In a manner similar to that adopted by the defense in the Treason Trial, which sought to dismiss all expressions of violent intent as outside ANC policy, the defense in the Rivonia trial argued that even acts by Umkhonto members could not be ascribed to the accused if the members had violated instructions against endangering human life. Although witnesses for the prosecution testified to such instructions, Yutar talked of murder and attempted murder. The defense reacted with outrage because no specific allegations were made. The judge agreed that other organizations as well as Umkhonto were committing sabotage, sometimes on the same targets, and that only a small proportion of the 193 acts of sabotage (none of which had resulted in loss of life) had been proved to be the responsibility of Umkhonto.
Potentially more important was the judge’s agreement that the ANC and Umkhonto were two separate though overlapping organizations, despite a governmental proclamation during the trial that the ANC was the same as Umkhonto. The distinction between the two organizations was important for every ANC member who might be charged in the future, because the maximum penalty for membership in an unlawful organization was ten years in prison, whereas the penalty for sabotage could be death.

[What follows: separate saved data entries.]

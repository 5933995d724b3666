// The C interface: the machine's calls over numbers and slices. A slice goes over as a pointer and a length.
//
// triton_interface_version()
// triton_open(registers, answer, revision, digest, cells, code, memory)
// triton_step(registers, answer, code, memory, calls)
// triton_step_registers(registers, answer, code, memory, calls)
// triton_run(registers, answer, budget, code, memory)
// triton_trace_execution(registers, answer, budget, code, memory, calls)
// triton_trace_rows(registers, answer, budget, code, memory, calls, rows)
// triton_helper_variables(registers, helpers, code, memory)
// triton_processor_row(registers, row, code, memory)
// triton_replay(rebuilt, log, revision, clock, cells, addresses, values, words)
//
// triton_open_with_fees, triton_step_with_fees, triton_run_with_fees, triton_trace_execution_with_fees, triton_trace_rows_with_fees: the same with a fee
// table behind the other parameters, which is lowest, highest, fees: a slice each, of a row the lowest opcode, the highest and the fee.
//
// code is opcodes, arguments, public, secret, digests, and memory is op_stack, origins, destinations, addresses, values, output: a slice each.
//
// registers, 28 words (exports_words, specs/Registers.antt):
//     0 clock, below 2^32
//     1 pointer
//     2 depth
//     3 jumps
//     4 cells
//     5 outputs
//     6 publics
//     7 secrets
//     8 digests
//     9 halted, 0 or 1
//    10 whether the sponge is set, 0 or 1
//    11 to 26 the sponge's words
//    27 the log's revision, 1 or 2; any other word gives 4 by place A
// answer, 7 words, and 8 of a call with a fee table, but for open's (exports_words, specs/Report.antt):
//     0 how the call ended: 0 opened, taken or halted, 1 spent, 2 log full, 3 refused, 4 table full: fewer words of rows left than a row has
//     1 the refusal's number, 0 where the call is not refused
//     2 to 4 the three words that the refusal carries
//     5 how many steps succeeded: of step 1 or 0, of open 0; triton_trace_rows has written as many rows
//     6 how many bytes of records were written
//     7 what the steps cost that succeeded; of step the row that priced it, counted from 0, and 0 where it is refused
// digest, 5 words. helpers, 6 words, zeros where the call is refused.
// row, 37 words, zeros where the call is refused; rows, any number of words, a row behind the other (machine, specs/ProcessorRow.antt):
//     0 CLK, 1 IP, 2 CI, 3 NIA, 4 to 10 IB0 to IB6, 11 JSP, 12 JSO, 13 JSD, 14 to 29 ST0 to ST15, 30 the op stack pointer, 31 to 36 HV0 to HV5
// rebuilt, 3 words (exports_calls, specs/ReplayCall.antt): the number, the depth and how many cells are used, the last two 0 where the call is refused. log is
// bytes; words is the stack slice, all 0 before the call.
//
// triton_step_registers is triton_step with the registers as a struct that is lent, `Registers` in exports_calls, src/thin.rt. A mirror in Rust is `#[repr(C)]`
// with the same fields in the same order; it has 216 bytes, and those that are reserved stay as they are:
//     0 clock, 4 reserved, 4 bytes each
//     8 pointer, 16 depth, 24 jumps, 32 cells, 40 outputs, 48 publics, 56 secrets, 64 digests, 8 bytes each
//    72 halted, 73 whether the sponge is set, a byte each, 0 or 1; 74 to 79 reserved
//    80 to 207 the sponge's words, 208 the log's revision, 8 bytes
//
// Each call gives the number too. One of these slices with another length, a clock at or above 2^32 and a mark other than 0 or 1 give 1: then
// nothing lent is changed, and an answer of as many words as it is to have says so; one of another length stays. open does not read the registers, only
// their length. Of a fee table 1 is slices of different lengths and a fee at or above 2^32; 64 to 66, which come behind place A's 1 to 5, also where the
// machine is halted, change nothing (machine, specs/FeeTable.antt).
#![tactic(auto)]

pub mod calls;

These gratifying gains hardly compensated, however, for the shattering effect on all the accused (except Kantor) of the detailed testimony of “Mr. X,” who was Bruno Mtolo, the most active saboteur in Natal. He was the leading witness among 173 witnesses for the prosecution. Mtolo, a member both of the ANC and of the Communist Party, had become disaffected with Umkhonto, claiming that its leaders pursued selfish interests and disregarded the welfare of their followers. The judge considered him a reliable witness, and the defense, an extraordinarily impressive witness of phenomenal memory and very quick mind. The defense also insisted, however, that his testimony was a distorted mixture of fact and fiction, and Mandela expressed to his lawyers anger at Mtolo’s smearing of the ANC and Umkhonto as Communist.
Most distressing, however, was Mtolo’s readiness to “go out of his way to implicate people who were not even suspected by the police … [and his volunteering of] an enormous amount of information.” After his release, an Afrikaans publisher brought out an autobiography in which Mtolo suggested that “there must be some higher reason” for the presence of whites and other races in South Africa and concluded with an appeal to Lutuli as the leader of “the Zulu nation” to draft a new ANC policy “acceptable to the people but also to the white Government.”